- _Assigned task_
Which of the lines below include the word "GridRefusals"? Pull each one out.

- _Source data_
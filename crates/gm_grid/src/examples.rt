//! The definitions of the format, computed on small files that were worked out by hand.
#![tactic(auto, unfolding(crate::specs::GridRefusals::grid_refusal, crate::specs::GridRefusals::head_refusal, crate::specs::GridRefusals::refusal_by_edges))]

ghost use Rattle.std.specs.Prelude.{◌≡◌, Some, None, [], ◌∷◌, take};
ghost use Rattle.gm_grid.specs.Format.{IsGrid};
ghost use Rattle.gm_base.specs.ChunkCounts.{chunk_count};
ghost use Rattle.gm_grid.specs.GridRefusals.{refusal_by_chunks, grid_refusal};
ghost use Rattle.gm_grid.specs.SmallGrids.{path_file, path_blocks, one_vertex_file, head_of_another_kind, file_without_vertices, head_of_too_many_ranges, file_of_vast_blocks, file_with_second_edge, edge_of_last_block, edge_to_no_vertex};

use crate::GridError;

/// The bytes of the small file that [`grid_of_a_path`] speaks of, for tests.
pub const PATH_BYTES: [u8; 96] = *b"GGRID001\x04\0\0\0\x02\0\0\0\
    \x01\0\0\0\0\0\0\0\x02\0\0\0\0\0\0\0\0\0\0\0\0\0\0\0\x01\0\0\0\0\0\0\0\
    \0\0\0\0\x01\0\0\0\x01\0\0\0\x01\0\0\0\x02\0\0\0\x01\0\0\0\
    \0\0\0\0\x02\0\0\0\x05\0\0\0\x02\0\0\0\x03\0\0\0\x01\0\0\0";

/// A path over four vertices with a shortcut, in two ranges.
pub fn grid_of_a_path()
    ensures grid { IsGrid path_file 4 2 path_blocks }
    ensures accepted { grid_refusal 1 path_file ≡ None }
    ensures bytes { PATH_BYTES ≡ path_file }
{}

/// One vertex and no edges.
pub fn grid_of_one_vertex()
    ensures grid { IsGrid one_vertex_file 1 1 ([] ∷ []) }
    ensures accepted { grid_refusal 65536 one_vertex_file ≡ None }
{}

/// What is refused, and for what, in the order in which it is looked for.
pub fn refused_files()
    ensures no_head { grid_refusal 1 (take 10 path_file) ≡ Some (GridError.BadSize 10 16) }
    ensures another_kind { grid_refusal 1 head_of_another_kind ≡ Some GridError.BadMagic }
    ensures no_vertices { grid_refusal 1 file_without_vertices ≡ Some (GridError.BadShape 0 2) }
    ensures too_many_ranges { grid_refusal 1 head_of_too_many_ranges ≡ Some (GridError.BadShape 2 3) }
    ensures no_index { grid_refusal 1 (take 40 path_file) ≡ Some (GridError.BadSize 40 48) }
    ensures vast_blocks { grid_refusal 1 file_of_vast_blocks
        ≡ Some (GridError.TooManyEdges 18446744073709551616) }
    ensures cut { grid_refusal 1 (take 95 path_file) ≡ Some (GridError.BadSize 95 96) }
    ensures cut_with_bad_edge { grid_refusal 1 (take 95 (file_with_second_edge edge_to_no_vertex))
        ≡ Some (GridError.BadSize 95 96) }
    ensures misplaced { grid_refusal 1 (file_with_second_edge edge_of_last_block) ≡ Some (GridError.BadEdge 1) }
    ensures no_vertex { grid_refusal 1 (file_with_second_edge edge_to_no_vertex) ≡ Some (GridError.BadEdge 1) }
{}

/// A block is cut into full chunks and what is left, and one without edges is one chunk.
pub fn chunks_of_blocks()
    ensures cut { chunk_count 4 (1 ∷ 4 ∷ 5 ∷ 0 ∷ []) ≡ 5 }
    ensures enough { refusal_by_chunks 1 (1048576 ∷ []) ≡ None }
    ensures too_many { refusal_by_chunks 1 (1048577 ∷ []) ≡ Some (GridError.TooManyChunks 1048577) }
{}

- _Response area_
#![tactic(auto, unfolding(crate::specs::GridRefusals::grid_refusal, crate::specs::GridRefusals::head_refusal, crate::specs::GridRefusals::refusal_by_edges))]
ghost use Rattle.gm_grid.specs.GridRefusals.{refusal_by_chunks, grid_refusal};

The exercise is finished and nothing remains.